EXERCISE AIM => The expected answer is the set of lines in the data below between the line holding "return Some(number);" and the line holding "stored_value t.blocks.items t.values.items", inclusive, written out exactly.
---------- PROVIDED ENTRIES ----------
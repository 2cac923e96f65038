//! The characters of a text in canonical decomposition.

ghost use Rattle.std.specs.Prelude.{◌≡◌, ℕ, List};
ghost use Rattle.std.specs.Iterator.{YieldsFirst, item_count};
ghost use Rattle.icu_text_encodings.specs.DecodedTexts.{SpellsText};
ghost use Rattle.unicode_normalization.specs.Forms.{nfd};
ghost use Rattle.icu_text_decomposition.specs.inner.OrderedParts.{IsPlace, order_left};

use crate::ordered_parts::OrderedParts;
use icu_text_encodings::EncodedText;
use std::marker::Model;

/// The characters of a text in canonical decomposition, one by one (Unicode Standard, D118). A contract sees it as the
/// list of the characters that are left. It never allocates, however long a run of marks is.
///
/// A character that isn't a mark is decomposed once, and once more where a mark stands before it. Marks that stand in
/// canonical order are decomposed twice. Marks of any other run are read class by class: in one pass over the run for
/// each class that occurs in it, and two more at its beginning.
#[derive(Drop)]
pub struct DecomposedText<T: EncodedText> {
    place: OrderedParts<T>,
}

impl<T: EncodedText> Model for DecomposedText<T> {
    ghost Value = { List ℕ };

    ghost view = { λ it. order_left T.text it.place };

    ghost invariant = { λ it. IsPlace T.text it.place };
}

impl<T: EncodedText> DecomposedText<T> {
    /// All characters of a text.
    #[inline]
    pub fn new(text: T) -> Self
        ensures text { result ≡ nfd (T.text text) }
        ensures spells { SpellsText result (nfd (T.text text)) }
    {
        DecomposedText {
            place: OrderedParts::new(text),
        }
    }
}

impl<T: EncodedText> Iterator for DecomposedText<T> {
    type Item = char;

    ghost next_gives = { YieldsFirst (λ left. left) };

    ghost remaining = { item_count (λ left. left) };

    #[inline]
    fn next(&mut self) -> Option<char> {
        self.place.next()
    }
}
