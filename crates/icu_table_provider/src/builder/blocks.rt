//! The entries of all code points in blocks of 64, each different block once.
ghost use Rattle.std.specs.Prelude.{◌≡◌, ◌≢◌, ℕ, ◌+◌, ◌*◌, ◌%◌, ◌<◌, ◌≤◌, length, slice_index_or, IfOk, IfSome, IfNone};
ghost use Rattle.icu_table_data.specs.CodePointTables.{IsCodePointTable, stored_value};
ghost use Rattle.icu_table_provider.specs.builder.Blocks.{block_at, HasDistinctBlocks};
ghost use Rattle.icu_table_provider.specs.builder.inner.AddedBlocks.{HoldsBlock};

use icu_table_data::code_point_table::{BLOCK_COUNT, BLOCK_LEN};
use std::alloc::{AllocError, Global};

/// The blocks of a list of entries, and the values of the different ones.
pub(crate) struct Blocks {
    pub(crate) blocks: Vec<u16>,
    pub(crate) values: Vec<u32>,
}

/// The number of a block among these values.
fn find_block(values: &[u32], block: &[u32]) -> Option<usize>
    requires { length block.now ≡ 64 }
    ensures found { IfSome result (λ n. (64 * n + 64 ≤ length values.now)
        × (block_at values.now n ≡ block.now)) }
    ensures none { IfNone result ((n : ℕ) → 64 * n + 64 ≤ length values.now
        → block_at values.now n ≢ block.now) }
{
    for number in 0..values.len() / BLOCK_LEN {
        let start = number * BLOCK_LEN;
        if &values[start..start + BLOCK_LEN] == block {
            return Some(number);
        }
    }
    None
}

/// The number of a block among these values, to which it is added if it is new.
fn block_number(values: &mut Vec<u32>, block: &[u32]) -> Result<u16, AllocError>
    requires block { length block.now ≡ 64 }
    requires whole { length values.old.items % 64 ≡ 0 }
    requires few { length values.old.items ≤ 64 * 17407 }
    ensures { IfOk result (HoldsBlock values.old.items values.new.items block.now) }
{
    if let Some(found) = find_block(values.as_slice(), block) {
        return Ok(found as u16);
    }
    let number = (values.len() / BLOCK_LEN) as u16;
    values.extend_from_slice(block)?;
    Ok(number)
}

/// The blocks of the entries of all code points.
pub(crate) fn blocks_of(alloc: Global, entries: &[u32]) -> Result<Blocks, AllocError>
    requires { length entries.now ≡ 0x110000 }
    ensures table { IfOk result (λ t. IsCodePointTable t.blocks.items t.values.items) }
    ensures entries { IfOk result (λ t. (c d : ℕ) → c < 0x110000
        → stored_value t.blocks.items t.values.items c ≡ slice_index_or entries.now c d) }
    ensures distinct { IfOk result (λ t. HasDistinctBlocks t.values.items) }
{
    let mut values = Vec::new(alloc);
    let mut blocks = Vec::new(alloc);
    for index in 0..BLOCK_COUNT {
        let start = index * BLOCK_LEN;
        let block = block_number(&mut values, &entries[start..start + BLOCK_LEN])?;
        blocks.push(block)?;
    }
    Ok(Blocks { blocks, values })
}
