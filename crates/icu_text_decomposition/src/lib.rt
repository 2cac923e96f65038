//! Decomposed texts that are read without memory (UAX #15).
#![tactic(auto)]

mod char_parts;
mod class_numbers;
mod class_pass;
mod class_places;
mod counted_text;
mod decomposed_text;
mod found_mark;
mod in_order;
pub mod laws;
mod matchable_text;
mod ordered_parts;
mod run_text;
pub mod short_text;
mod slot_tree;
mod taking;
pub mod text_for_matches;

pub use counted_text::CountedText;
pub use decomposed_text::DecomposedText;
pub use matchable_text::MatchableText;
pub use text_for_matches::TextForMatches;
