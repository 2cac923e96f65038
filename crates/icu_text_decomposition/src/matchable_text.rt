//! Texts from which matches take marks.

ghost use Rattle.std.specs.Prelude.{◌≡◌, IfOk};
ghost use Rattle.unicode_normalization.specs.Forms.{nfd};
ghost use Rattle.icu_text_decomposition.specs.inner.Taking.{IsTaking};

use crate::counted_text::CountedText;
use crate::taking::Taking;
use crate::text_for_matches::TextForMatches;
use std::alloc::AllocError;

/// A text in canonical decomposition from which marks are taken while it is read. It never allocates: what is left of a
/// run of marks is in canonical order, so of each combining class those that come first were taken, and a place for
/// each class tells which.
pub struct MatchableText<T: CountedText> {
    taking: Taking<T>,
    ghost places: { IsTaking T.EncodedText.text taking },
}

impl<T: CountedText> MatchableText<T> {
    ghost use Rattle.icu_text_decomposition.specs.MatchableTexts.{unread_text, passed_count};

    /// A text of which nothing was read.
    pub fn new(text: T) -> Self
        ensures unread { unread_text T.EncodedText.text result ≡ nfd (T.EncodedText.text text) }
        ensures passed { passed_count T.EncodedText.text result ≡ 0 }
    {
        MatchableText {
            taking: Taking::new(text),
        }
    }
}

impl<T: CountedText> Copy for MatchableText<T> {}

impl<T: CountedText> Clone for MatchableText<T> {
    /// A text of which just as much is still to be read. A copy, `*text`, is the same and can't fail.
    fn clone(&self) -> Result<Self, AllocError>
        ensures { IfOk result (λ copy. copy ≡ self.now) }
    {
        Ok(*self)
    }
}

impl<T: CountedText> TextForMatches for MatchableText<T> {
    ghost use Rattle.icu_text_decomposition.specs.MatchableTexts.{unread_text, passed_count};

    ghost unread = { unread_text T.EncodedText.text };

    ghost passed = { passed_count T.EncodedText.text };

    fn next(&mut self) -> Option<char> {
        self.taking.next()
    }

    fn look_back(&mut self) {
        self.taking.look_back()
    }

    fn pass(&mut self) -> Option<char> {
        self.taking.pass()
    }

    fn pass_up_to(&mut self, class: u8) {
        self.taking.pass_up_to(class)
    }

    fn take(&mut self, mark: char) {
        self.taking.take(mark)
    }
}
----------
EXERCISE ANSWER =>
            return Some(number);
        }
    }
    None
}

/// The number of a block among these values, to which it is added if it is new.
fn block_number(values: &mut Vec<u32>, block: &[u32]) -> Result<u16, AllocError>
    requires block { length block.now ≡ 64 }
    requires whole { length values.old.items % 64 ≡ 0 }
    requires few { length values.old.items ≤ 64 * 17407 }
    ensures { IfOk result (HoldsBlock values.old.items values.new.items block.now) }
{
    if let Some(found) = find_block(values.as_slice(), block) {
        return Ok(found as u16);
    }
    let number = (values.len() / BLOCK_LEN) as u16;
    values.extend_from_slice(block)?;
    Ok(number)
}

/// The blocks of the entries of all code points.
pub(crate) fn blocks_of(alloc: Global, entries: &[u32]) -> Result<Blocks, AllocError>
    requires { length entries.now ≡ 0x110000 }
    ensures table { IfOk result (λ t. IsCodePointTable t.blocks.items t.values.items) }
    ensures entries { IfOk result (λ t. (c d : ℕ) → c < 0x110000
        → stored_value t.blocks.items t.values.items c ≡ slice_index_or entries.now c d) }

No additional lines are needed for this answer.